Many plugins don’t attempt to solve it, and instead the scroll position is at the bottom of the screen and page 2 is attempted to be loaded. But then they are in the wrong position and what if the product they last clicked was actually on page 3 or page 4 anyway? Your user has now left your site. Additionally, your server has now been under additional unnecessary load loading these 2 extra pages which were already loaded seconds ago. Page caching can help, but still it’s not required.
Infinite scroll is required to eliminate pagination and pagination needs to be eliminated for scalability reasons, so I solved the problems above.

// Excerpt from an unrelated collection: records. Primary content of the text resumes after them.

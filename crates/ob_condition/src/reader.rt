//! Single tokens are read.
ghost use Rattle.std.specs.Prelude.{◌≡◌, true, is_some, IfErr};
ghost use Rattle.ob_token.specs.Bytes.{unquoted};
ghost use Rattle.ob_grammar.specs.Reader.{token};
ghost use Rattle.ob_condition.specs.Marks.{held, key, literal_of, name_of, number_of, order_mark, order_of, short_text, sign_mark, sign_of, signed, text_at};
ghost use Rattle.ob_condition.specs.Reading.{begins, Begun, Gives, IsStuck, Skips, Takes};

use arrayvec::ArrayVec;
use ob_base::{ComparisonOperator, Name, Text};
use ob_sql::Literal;
use ob_token::{Lexeme, Mark, Token, is_printable_byte};

/// Why nothing is read.
#[derive(Drop)]
pub enum Fault<'a> {
    /// Want of memory.
    Memory,
    /// The tokens before these begin a word of the grammar, and with the first of these, or with the end where
    /// there is none, no word goes on.
    Stuck(&'a [Token]),
}

/// The tokens after the first one, where that is this keyword or sign.
pub fn skip(tokens: &[Token], mark: Mark) -> Option<&[Token]>
    ensures { Skips (key mark) tokens.now result }
{
    let (first, rest) = tokens.split_first()?;
    match &first.lexeme {
        Lexeme::Mark(found) => { if mark == *found { Some(rest) } else { None } }
        _ => None,
    }
}

/// The tokens after the first one, which has to be this keyword or sign. It takes no memory.
pub fn expect(tokens: &[Token], mark: Mark) -> Result<&[Token], Fault<'_>>
    ensures value { Takes result (token (key mark) tokens.now) }
    ensures no_memory { IfErr result IsStuck }
{
    match skip(tokens, mark) {
        Some(rest) => Ok(rest),
        None => Err(Fault::Stuck(tokens)),
    }
}

/// The name that the first token is, in lower case, and the tokens after it. It takes no memory.
pub fn name(tokens: &[Token]) -> Result<(Name, &[Token]), Fault<'_>>
    ensures value { Gives (λ n. n) result (token name_of tokens.now) }
    ensures no_memory { IfErr result IsStuck }
{
    let Some((first, rest)) = tokens.split_first() else {
        return Err(Fault::Stuck(tokens));
    };
    match &first.lexeme {
        Lexeme::Name(name) => Ok((name.copied(), rest)),
        _ => Err(Fault::Stuck(tokens)),
    }
}

/// The number that the first token is, or the largest one of 64 bits where it is greater, and the tokens behind
/// it. It takes no memory.
pub fn number(tokens: &[Token]) -> Result<(u64, &[Token]), Fault<'_>>
    ensures value { Gives (λ n. n) result (token number_of tokens.now) }
    ensures no_memory { IfErr result IsStuck }
{
    let Some((first, rest)) = tokens.split_first() else {
        return Err(Fault::Stuck(tokens));
    };
    match &first.lexeme {
        Lexeme::Number(number) => Ok((*number, rest)),
        _ => Err(Fault::Stuck(tokens)),
    }
}

fn order_of_mark(mark: Mark) -> Option<ComparisonOperator>
    ensures { result ≡ order_mark mark }
{
    match mark {
        Mark::Equal => Some(ComparisonOperator::Equal),
        Mark::NotEqual => Some(ComparisonOperator::NotEqual),
        Mark::Less => Some(ComparisonOperator::Less),
        Mark::LessOrEqual => Some(ComparisonOperator::LessOrEqual),
        Mark::Greater => Some(ComparisonOperator::Greater),
        Mark::GreaterOrEqual => Some(ComparisonOperator::GreaterOrEqual),
        _ => None,
    }
}

pub(crate) fn order(tokens: &[Token]) -> Result<(ComparisonOperator, &[Token]), Fault<'_>>
    ensures value { Gives (λ o. o) result (token order_of tokens.now) }
    ensures no_memory { IfErr result IsStuck }
{
    let Some((first, rest)) = tokens.split_first() else {
        return Err(Fault::Stuck(tokens));
    };
    let Lexeme::Mark(mark) = &first.lexeme else {
        return Err(Fault::Stuck(tokens));
    };
    match order_of_mark(*mark) {
        Some(order) => Ok((order, rest)),
        None => Err(Fault::Stuck(tokens)),
    }
}

fn sign_of_mark(mark: Mark) -> Option<bool>
    ensures { result ≡ sign_mark mark }
{
    match mark {
        Mark::Plus => Some(false),
        Mark::Minus => Some(true),
        _ => None,
    }
}

pub(crate) fn sign(tokens: &[Token]) -> Option<(bool, &[Token])>
    ensures { Begun sign_of tokens.now result }
{
    let Some((first, rest)) = tokens.split_first() else {
        return None;
    };
    let Lexeme::Mark(mark) = &first.lexeme else {
        return None;
    };
    match sign_of_mark(*mark) {
        Some(minus) => Some((minus, rest)),
        None => None,
    }
}

fn held_or_not(value: i128) -> Literal
    ensures { result ≡ held value }
{
    match i64::try_from(value) {
        Ok(value) => Literal::Int(value),
        Err(_) => Literal::OutOfRange,
    }
}

pub(crate) fn with_sign(minus: bool, number: u64) -> Literal
    ensures { result ≡ signed minus number }
{
    if minus {
        held_or_not(0 - number as i128)
    } else {
        held_or_not(number as i128)
    }
}

// The text after an opening quote.
fn quoted(bytes: &[u8]) -> Literal
    ensures { result ≡ short_text (unquoted true bytes.now) }
{
    let mut text: ArrayVec<u8, 255> = ArrayVec::new();
    let mut open = true;
    for b in bytes {
        if *b == b'\'' {
            if open {
                open = false;
                continue;
            }
        } else if !open || !is_printable_byte(*b) {
            return Literal::Text(Text::from_bytes(text.as_slice()));
        }
        if text.len() == 255 {
            return Literal::TooLong;
        }
        text.push(*b);
        open = true;
    }
    Literal::Text(Text::from_bytes(text.as_slice()))
}

#[tactic(auto, using(crate::proofs::Quoted::nothing_behind))]
fn text_literal(text: &[u8], quote: u32) -> Literal
    ensures { result ≡ text_at text.now quote }
{
    let place = quote as usize;
    if place < text.len() {
        quoted(&text[place + 1..])
    } else {
        quoted(&[])
    }
}

pub(crate) fn plain<'a>(
    text: &[u8],
    tokens: &'a [Token],
) -> Result<(Literal, &'a [Token]), Fault<'a>>
    ensures value { Gives (λ l. l) result (token (literal_of text.now) tokens.now) }
    ensures no_memory { IfErr result IsStuck }
{
    let Some((first, rest)) = tokens.split_first() else {
        return Err(Fault::Stuck(tokens));
    };
    match &first.lexeme {
        Lexeme::Number(number) => Ok((with_sign(false, *number), rest)),
        Lexeme::Text => Ok((text_literal(text, first.from), rest)),
        _ => Err(Fault::Stuck(tokens)),
    }
}

pub(crate) fn begins_name(tokens: &[Token]) -> bool
    ensures { result ≡ begins (λ t. is_some (name_of t)) tokens.now }
{
    match tokens.first() {
        Some(first) => match &first.lexeme {
            Lexeme::Name(_) => true,
            _ => false,
        },
        None => false,
    }
}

When a user clicks through to a product page from your archive, my Auto Infinite Scroll plugin saves the current archive to the browsers storage system. It also saves the scroll position.
That means, when the user clicks to a product and then clicks the back button on their browser, the archive page (with the code I’ve written in the plugin) loads the archive from the browser storage and scrolls instantly to the position the user was at previously.
This means, back MEANS back. The user clicks back and even if they were on page 20 of your infinite scroll, that entire archive is loaded INSTANTLY with no additional server resource required. They are scrolled down to the correct position too. That means the user has the experience they EXPECT and can continue on their shopping experience.
Additionally, Auto Infinite Scroll is coded to require zero configuration. Install it, de-activate any other infinite scroll features (e.g. other plugins or features from your theme) and voila, auto infinite scroll with archive-browser-storage for brilliant back-button experience!
You can learn more about Auto Infinite Scroll here.
What speeds are we talking?
FoundThru is FAST. It’s uncached, and it’s a $40 per month server. It has 800,000 products and every page loads in under 1 second including DB and PHP time.
I’m not talking GT Metrix or pingdom speed, because those speeds are pretty much irrelevant and academic. I’m talking TTFB – time to first byte – which is the same as saying ‘page load speed’.
Try it out – browse the site – search for products – select whatever filters you like. See if you can find a slow page.